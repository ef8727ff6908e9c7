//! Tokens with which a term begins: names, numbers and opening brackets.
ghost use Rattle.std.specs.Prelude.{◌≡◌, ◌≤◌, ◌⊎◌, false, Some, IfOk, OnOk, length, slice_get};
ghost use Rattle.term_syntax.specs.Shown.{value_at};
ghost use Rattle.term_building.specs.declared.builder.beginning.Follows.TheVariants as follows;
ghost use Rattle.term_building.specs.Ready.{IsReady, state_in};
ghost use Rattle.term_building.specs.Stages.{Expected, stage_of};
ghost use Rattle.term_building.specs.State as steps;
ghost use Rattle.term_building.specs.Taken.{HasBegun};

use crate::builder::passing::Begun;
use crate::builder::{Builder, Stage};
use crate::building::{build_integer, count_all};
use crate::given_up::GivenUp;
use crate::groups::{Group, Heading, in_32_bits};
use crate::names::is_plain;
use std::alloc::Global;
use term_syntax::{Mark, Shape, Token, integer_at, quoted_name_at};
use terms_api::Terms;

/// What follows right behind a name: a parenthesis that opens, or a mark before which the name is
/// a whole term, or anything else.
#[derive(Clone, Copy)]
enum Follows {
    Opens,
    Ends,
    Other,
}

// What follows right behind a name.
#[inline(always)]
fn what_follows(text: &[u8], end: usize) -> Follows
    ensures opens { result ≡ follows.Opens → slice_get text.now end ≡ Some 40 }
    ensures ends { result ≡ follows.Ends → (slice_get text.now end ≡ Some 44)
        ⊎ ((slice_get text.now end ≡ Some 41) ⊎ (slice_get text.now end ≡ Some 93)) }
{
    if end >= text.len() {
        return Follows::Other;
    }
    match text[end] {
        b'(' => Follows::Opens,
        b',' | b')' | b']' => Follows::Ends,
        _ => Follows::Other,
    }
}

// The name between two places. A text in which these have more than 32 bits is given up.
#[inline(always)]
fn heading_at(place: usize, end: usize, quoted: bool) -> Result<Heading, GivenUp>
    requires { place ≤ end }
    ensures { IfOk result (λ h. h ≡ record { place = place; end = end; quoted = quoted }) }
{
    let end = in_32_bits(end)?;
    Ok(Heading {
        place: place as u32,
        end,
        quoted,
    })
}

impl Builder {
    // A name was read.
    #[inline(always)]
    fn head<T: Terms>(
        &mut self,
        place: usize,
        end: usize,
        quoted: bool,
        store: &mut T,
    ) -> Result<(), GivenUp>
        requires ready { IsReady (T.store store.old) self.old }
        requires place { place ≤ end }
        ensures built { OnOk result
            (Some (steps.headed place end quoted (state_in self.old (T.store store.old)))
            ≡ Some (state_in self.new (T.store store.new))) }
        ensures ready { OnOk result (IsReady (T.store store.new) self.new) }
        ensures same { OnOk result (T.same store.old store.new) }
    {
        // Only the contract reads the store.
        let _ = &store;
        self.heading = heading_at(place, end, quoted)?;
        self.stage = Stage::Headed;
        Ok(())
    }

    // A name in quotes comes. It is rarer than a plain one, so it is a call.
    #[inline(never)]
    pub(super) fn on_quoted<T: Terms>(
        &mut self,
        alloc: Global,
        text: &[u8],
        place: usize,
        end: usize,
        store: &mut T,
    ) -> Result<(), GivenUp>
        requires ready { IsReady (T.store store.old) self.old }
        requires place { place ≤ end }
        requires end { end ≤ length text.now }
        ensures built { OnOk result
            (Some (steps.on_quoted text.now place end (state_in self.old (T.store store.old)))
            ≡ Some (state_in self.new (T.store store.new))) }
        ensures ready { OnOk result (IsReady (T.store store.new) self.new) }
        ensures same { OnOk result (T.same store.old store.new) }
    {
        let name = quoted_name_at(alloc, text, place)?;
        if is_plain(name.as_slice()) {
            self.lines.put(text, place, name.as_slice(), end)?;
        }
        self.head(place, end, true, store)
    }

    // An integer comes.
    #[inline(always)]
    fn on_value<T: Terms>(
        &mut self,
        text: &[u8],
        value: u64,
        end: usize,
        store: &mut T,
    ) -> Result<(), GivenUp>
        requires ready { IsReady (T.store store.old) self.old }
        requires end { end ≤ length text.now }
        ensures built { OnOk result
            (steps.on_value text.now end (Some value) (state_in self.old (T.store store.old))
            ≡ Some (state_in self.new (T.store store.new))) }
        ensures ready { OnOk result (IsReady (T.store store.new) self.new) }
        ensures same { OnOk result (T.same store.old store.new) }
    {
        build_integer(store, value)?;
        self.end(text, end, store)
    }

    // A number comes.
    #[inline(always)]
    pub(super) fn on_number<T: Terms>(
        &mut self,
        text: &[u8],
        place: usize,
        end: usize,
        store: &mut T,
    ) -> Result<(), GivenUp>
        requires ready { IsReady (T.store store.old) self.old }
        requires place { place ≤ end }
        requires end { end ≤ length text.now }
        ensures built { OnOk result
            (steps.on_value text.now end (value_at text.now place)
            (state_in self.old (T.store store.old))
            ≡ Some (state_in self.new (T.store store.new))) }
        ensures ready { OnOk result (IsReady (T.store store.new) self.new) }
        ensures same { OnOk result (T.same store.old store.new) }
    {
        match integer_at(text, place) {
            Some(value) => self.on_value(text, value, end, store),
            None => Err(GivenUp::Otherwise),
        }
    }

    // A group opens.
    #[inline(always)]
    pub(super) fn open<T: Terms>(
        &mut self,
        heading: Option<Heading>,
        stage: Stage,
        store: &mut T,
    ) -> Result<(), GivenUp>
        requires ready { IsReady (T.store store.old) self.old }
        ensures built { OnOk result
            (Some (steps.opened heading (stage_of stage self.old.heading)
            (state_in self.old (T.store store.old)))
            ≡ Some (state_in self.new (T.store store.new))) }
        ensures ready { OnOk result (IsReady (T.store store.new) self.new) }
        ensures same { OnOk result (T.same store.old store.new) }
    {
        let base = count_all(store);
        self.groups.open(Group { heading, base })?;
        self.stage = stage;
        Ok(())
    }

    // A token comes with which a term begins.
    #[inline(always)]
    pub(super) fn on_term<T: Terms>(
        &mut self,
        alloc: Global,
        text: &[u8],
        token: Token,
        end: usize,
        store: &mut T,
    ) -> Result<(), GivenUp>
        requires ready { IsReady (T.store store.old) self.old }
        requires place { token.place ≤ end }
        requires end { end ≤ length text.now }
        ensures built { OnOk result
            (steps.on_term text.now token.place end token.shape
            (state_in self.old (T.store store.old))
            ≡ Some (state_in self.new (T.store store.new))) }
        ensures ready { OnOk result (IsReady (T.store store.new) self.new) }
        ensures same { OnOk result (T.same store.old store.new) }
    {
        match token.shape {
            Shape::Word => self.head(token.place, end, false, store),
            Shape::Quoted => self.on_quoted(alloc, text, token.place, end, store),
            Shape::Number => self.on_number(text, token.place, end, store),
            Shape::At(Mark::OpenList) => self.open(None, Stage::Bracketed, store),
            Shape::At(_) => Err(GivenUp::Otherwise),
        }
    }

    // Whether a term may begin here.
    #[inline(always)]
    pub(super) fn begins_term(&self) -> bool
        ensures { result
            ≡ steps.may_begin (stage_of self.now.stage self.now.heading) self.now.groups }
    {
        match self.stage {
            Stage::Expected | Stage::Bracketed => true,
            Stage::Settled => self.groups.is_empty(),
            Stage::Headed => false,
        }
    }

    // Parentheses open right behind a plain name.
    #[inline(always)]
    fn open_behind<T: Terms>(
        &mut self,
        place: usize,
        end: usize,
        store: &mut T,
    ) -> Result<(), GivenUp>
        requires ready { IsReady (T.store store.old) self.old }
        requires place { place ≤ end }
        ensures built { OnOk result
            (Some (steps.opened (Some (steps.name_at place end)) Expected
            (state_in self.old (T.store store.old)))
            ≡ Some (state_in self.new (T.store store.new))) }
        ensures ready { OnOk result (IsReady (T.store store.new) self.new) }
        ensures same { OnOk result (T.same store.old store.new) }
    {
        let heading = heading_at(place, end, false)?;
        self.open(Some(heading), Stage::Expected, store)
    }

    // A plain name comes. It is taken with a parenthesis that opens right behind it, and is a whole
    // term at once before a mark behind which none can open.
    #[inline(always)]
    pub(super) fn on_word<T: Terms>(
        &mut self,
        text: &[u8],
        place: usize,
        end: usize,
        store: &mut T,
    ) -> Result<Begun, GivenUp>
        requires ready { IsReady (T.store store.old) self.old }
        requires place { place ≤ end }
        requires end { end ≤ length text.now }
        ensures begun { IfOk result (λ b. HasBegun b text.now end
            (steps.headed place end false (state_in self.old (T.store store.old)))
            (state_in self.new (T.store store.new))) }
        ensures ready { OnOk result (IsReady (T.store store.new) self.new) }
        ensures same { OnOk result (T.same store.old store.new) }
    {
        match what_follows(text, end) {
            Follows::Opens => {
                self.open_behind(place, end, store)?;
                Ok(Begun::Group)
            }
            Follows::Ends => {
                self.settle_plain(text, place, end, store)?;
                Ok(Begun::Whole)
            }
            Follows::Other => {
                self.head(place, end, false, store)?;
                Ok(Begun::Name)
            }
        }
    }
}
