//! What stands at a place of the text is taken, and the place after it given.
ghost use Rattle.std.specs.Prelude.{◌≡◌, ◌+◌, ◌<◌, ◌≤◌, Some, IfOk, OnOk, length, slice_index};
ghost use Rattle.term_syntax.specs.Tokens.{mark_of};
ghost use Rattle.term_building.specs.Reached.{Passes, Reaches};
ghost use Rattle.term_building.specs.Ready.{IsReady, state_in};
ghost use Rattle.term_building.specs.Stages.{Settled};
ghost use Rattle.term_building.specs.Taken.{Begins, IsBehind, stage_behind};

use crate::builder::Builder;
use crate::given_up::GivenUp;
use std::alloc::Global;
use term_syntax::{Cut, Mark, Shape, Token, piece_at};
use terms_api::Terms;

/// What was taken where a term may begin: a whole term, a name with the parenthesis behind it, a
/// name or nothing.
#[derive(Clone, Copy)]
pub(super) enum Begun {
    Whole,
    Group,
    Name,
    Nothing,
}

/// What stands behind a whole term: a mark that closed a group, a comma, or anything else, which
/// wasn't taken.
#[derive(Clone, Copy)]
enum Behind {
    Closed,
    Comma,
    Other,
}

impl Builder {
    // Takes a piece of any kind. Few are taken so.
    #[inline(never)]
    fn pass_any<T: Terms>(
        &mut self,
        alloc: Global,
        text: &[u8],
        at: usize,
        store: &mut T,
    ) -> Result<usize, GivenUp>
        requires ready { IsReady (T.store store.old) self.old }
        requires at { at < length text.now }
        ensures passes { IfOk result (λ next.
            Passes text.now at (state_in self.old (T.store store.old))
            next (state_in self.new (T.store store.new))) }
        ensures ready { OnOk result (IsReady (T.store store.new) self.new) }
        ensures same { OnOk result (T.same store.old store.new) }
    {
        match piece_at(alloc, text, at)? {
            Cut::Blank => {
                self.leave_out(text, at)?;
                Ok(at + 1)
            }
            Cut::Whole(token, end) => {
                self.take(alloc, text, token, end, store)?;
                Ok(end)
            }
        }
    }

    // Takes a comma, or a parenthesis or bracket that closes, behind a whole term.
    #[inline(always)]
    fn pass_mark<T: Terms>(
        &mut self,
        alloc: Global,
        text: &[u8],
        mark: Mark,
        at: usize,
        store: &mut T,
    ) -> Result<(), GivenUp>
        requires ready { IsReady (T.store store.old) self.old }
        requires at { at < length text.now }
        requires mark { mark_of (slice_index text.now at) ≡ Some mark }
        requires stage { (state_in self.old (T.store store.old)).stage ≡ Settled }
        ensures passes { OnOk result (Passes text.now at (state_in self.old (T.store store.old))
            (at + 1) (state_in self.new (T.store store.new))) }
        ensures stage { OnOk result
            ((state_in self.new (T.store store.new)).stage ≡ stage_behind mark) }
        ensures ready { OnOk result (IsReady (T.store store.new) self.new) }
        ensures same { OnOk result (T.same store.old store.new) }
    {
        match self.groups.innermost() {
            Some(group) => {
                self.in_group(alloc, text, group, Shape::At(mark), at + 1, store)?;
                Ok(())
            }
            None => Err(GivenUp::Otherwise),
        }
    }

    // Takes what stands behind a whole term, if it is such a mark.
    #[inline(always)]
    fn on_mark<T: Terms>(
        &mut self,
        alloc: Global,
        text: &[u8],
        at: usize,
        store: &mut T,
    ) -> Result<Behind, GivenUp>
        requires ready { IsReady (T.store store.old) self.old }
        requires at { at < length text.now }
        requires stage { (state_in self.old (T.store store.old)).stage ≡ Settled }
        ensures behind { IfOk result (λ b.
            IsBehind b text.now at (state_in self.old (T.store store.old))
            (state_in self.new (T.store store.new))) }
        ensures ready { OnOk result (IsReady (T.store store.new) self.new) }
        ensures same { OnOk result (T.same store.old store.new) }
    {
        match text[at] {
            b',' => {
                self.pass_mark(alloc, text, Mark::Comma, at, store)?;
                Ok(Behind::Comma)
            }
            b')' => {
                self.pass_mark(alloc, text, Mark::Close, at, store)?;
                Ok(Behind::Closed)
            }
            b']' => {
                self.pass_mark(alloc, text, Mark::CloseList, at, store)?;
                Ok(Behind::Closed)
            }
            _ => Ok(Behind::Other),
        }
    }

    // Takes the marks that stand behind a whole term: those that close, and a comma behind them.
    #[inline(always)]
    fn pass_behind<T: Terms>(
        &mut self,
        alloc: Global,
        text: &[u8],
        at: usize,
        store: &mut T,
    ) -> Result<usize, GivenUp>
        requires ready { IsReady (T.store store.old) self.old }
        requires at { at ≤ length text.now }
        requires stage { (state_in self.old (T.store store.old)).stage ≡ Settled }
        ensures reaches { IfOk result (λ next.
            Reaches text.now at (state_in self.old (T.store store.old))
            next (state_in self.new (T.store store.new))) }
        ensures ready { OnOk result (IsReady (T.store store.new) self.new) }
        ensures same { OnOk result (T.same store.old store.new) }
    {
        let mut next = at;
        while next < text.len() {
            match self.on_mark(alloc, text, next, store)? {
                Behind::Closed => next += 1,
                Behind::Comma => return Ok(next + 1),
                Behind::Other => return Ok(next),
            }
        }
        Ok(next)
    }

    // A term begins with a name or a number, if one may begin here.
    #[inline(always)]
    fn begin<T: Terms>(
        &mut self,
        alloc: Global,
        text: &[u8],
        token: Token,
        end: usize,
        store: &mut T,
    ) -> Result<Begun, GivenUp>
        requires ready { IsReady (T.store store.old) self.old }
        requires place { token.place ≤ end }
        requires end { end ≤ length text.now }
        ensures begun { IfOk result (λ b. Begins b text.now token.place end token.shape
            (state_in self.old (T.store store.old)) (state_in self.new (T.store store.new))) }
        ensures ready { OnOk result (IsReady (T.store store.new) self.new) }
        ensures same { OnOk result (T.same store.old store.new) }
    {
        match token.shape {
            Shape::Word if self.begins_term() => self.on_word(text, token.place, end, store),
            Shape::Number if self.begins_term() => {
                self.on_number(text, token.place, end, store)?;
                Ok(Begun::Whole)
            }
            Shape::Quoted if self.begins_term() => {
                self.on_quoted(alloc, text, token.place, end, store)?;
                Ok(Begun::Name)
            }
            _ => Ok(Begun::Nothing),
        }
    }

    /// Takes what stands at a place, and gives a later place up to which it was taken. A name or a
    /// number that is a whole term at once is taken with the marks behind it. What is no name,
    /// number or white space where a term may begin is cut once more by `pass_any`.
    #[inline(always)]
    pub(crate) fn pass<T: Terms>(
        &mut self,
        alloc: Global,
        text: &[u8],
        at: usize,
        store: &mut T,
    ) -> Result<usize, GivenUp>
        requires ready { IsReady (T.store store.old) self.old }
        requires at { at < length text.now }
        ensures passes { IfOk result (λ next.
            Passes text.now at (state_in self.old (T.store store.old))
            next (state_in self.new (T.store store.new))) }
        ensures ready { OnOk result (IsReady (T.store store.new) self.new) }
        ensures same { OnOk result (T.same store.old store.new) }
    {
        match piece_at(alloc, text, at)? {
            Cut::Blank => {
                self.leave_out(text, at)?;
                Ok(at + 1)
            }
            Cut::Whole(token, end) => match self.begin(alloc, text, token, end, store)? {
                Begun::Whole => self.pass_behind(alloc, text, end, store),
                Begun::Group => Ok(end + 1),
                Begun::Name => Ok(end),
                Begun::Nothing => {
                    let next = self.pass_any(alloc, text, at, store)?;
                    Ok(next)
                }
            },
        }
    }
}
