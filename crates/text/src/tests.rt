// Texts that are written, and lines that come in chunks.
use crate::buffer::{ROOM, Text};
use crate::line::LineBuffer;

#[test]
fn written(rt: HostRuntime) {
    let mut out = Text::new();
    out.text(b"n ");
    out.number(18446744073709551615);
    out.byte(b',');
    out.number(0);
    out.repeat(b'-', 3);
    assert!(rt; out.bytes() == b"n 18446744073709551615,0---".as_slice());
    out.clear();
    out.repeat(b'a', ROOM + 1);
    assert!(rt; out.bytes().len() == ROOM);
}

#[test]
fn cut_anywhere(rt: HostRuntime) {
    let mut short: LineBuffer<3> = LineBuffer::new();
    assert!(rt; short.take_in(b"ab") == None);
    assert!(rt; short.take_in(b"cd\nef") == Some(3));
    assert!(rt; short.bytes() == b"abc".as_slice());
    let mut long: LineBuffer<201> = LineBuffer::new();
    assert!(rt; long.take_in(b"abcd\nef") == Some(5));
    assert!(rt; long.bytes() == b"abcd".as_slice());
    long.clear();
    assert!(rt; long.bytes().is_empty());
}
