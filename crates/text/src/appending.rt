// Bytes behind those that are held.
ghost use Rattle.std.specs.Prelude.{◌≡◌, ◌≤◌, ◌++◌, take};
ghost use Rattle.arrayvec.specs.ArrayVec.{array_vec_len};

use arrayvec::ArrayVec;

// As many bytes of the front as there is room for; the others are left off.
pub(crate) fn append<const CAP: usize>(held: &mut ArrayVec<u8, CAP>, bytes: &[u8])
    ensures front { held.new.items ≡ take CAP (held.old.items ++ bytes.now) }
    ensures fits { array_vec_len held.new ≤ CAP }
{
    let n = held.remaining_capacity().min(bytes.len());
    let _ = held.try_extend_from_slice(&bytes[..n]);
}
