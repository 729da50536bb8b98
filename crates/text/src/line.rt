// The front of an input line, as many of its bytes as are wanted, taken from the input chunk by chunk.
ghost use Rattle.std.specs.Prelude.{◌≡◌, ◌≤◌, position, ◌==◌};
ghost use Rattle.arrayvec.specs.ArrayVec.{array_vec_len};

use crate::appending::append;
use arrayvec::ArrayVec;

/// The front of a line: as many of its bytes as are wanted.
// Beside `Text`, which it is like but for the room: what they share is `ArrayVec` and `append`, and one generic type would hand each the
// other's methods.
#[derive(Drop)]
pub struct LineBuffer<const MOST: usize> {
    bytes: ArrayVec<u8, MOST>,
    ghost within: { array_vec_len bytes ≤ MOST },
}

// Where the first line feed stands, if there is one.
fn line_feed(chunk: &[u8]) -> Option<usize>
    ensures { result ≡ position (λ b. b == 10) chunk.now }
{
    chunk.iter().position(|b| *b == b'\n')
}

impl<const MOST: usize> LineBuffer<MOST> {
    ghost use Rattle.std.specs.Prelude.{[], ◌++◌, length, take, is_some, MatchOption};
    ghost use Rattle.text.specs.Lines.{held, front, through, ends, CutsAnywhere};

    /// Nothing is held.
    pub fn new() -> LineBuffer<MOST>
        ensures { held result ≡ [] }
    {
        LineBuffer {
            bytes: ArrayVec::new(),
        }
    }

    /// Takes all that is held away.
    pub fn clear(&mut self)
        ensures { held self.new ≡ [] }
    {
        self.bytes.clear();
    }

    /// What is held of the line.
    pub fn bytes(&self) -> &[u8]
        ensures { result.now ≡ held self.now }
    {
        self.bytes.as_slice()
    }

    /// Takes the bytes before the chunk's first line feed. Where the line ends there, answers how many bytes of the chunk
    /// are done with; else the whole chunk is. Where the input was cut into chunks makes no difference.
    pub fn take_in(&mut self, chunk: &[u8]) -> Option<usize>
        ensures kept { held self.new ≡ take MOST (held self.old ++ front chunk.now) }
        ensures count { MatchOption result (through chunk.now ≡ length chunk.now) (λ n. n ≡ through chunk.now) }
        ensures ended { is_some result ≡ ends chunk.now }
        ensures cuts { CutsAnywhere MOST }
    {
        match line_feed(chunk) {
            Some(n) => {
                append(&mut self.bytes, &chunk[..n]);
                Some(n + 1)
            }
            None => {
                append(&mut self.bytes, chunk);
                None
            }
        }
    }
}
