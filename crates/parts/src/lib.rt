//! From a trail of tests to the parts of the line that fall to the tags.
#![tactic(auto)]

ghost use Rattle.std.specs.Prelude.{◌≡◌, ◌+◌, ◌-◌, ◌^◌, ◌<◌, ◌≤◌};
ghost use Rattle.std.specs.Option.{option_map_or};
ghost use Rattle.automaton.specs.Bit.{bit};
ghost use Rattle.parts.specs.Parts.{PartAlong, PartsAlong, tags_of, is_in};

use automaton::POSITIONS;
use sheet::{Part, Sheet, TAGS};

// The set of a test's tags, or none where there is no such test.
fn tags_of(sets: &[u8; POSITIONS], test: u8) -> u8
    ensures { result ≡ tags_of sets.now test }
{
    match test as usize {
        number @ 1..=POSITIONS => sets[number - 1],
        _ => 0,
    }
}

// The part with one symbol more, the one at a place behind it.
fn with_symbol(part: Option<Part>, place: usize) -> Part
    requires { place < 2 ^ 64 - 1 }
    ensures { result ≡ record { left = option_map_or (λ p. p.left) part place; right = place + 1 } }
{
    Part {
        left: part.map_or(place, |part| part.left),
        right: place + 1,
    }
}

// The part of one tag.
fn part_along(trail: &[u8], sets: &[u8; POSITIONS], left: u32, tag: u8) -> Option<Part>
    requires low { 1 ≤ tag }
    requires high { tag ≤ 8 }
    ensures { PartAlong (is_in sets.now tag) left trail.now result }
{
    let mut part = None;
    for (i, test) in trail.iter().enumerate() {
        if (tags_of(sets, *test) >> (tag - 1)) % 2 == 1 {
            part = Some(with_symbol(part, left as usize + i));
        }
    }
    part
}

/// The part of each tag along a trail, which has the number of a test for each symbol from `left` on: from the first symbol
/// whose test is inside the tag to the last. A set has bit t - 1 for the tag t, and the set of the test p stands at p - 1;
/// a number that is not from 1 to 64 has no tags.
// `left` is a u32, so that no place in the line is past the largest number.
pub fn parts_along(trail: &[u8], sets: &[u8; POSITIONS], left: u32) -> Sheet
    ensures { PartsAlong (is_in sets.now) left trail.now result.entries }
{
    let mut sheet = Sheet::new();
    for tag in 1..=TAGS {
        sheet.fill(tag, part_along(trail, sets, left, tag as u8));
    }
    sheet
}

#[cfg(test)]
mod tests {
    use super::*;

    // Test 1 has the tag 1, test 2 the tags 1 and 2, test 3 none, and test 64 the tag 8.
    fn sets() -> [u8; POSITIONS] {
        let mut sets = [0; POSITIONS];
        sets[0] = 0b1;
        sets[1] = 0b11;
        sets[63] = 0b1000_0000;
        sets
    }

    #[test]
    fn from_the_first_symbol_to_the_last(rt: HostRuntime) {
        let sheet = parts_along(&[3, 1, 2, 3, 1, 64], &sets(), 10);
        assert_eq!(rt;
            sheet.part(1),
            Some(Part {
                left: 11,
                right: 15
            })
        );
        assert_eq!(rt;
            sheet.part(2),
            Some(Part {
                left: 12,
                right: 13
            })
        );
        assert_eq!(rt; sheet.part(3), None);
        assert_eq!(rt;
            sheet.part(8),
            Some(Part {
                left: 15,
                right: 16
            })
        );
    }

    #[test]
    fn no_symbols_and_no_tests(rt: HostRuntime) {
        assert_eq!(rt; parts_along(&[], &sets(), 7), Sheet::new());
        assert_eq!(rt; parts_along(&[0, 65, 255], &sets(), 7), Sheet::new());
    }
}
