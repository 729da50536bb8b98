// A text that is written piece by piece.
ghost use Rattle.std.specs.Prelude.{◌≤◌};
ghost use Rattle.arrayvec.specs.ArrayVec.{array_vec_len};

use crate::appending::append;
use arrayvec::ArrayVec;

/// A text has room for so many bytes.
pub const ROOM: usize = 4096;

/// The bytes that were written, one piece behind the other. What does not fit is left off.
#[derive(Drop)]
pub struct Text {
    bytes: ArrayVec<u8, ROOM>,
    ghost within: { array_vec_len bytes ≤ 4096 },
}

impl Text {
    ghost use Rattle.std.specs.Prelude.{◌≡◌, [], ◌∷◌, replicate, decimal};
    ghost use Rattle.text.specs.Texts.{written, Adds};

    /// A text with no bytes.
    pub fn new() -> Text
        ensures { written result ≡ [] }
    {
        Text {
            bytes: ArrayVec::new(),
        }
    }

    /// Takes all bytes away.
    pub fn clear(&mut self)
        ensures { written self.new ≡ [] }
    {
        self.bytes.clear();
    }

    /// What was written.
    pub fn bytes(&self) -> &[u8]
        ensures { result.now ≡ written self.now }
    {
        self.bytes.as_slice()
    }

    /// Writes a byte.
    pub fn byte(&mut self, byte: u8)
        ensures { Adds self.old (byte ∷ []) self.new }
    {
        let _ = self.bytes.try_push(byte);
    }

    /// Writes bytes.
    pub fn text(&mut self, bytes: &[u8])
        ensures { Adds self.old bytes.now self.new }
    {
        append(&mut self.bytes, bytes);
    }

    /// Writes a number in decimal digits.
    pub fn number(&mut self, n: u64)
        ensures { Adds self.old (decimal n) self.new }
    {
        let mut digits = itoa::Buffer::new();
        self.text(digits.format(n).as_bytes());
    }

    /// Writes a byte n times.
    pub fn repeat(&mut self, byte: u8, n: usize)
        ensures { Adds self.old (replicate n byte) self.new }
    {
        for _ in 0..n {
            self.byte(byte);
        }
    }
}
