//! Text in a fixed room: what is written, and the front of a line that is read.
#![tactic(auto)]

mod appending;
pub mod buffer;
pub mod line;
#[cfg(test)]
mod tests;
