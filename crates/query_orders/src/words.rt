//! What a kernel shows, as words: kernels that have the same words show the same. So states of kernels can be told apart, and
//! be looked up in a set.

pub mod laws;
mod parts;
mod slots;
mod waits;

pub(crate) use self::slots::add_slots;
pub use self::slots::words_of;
——
> [What to work on] In the records above, find the lines containing "false" and copy them.

> [Result of this exercise]
ghost use Rattle.std.specs.Prelude.{◌≡◌, ◌≤◌, ◌⊎◌, false, Some, IfOk, OnOk, length, slice_get};
            Shape::Word => self.head(token.place, end, false, store),
            Stage::Headed => false,
        let heading = heading_at(place, end, false)?;
            (steps.headed place end false (state_in self.old (T.store store.old)))
                self.head(place, end, false, store)?;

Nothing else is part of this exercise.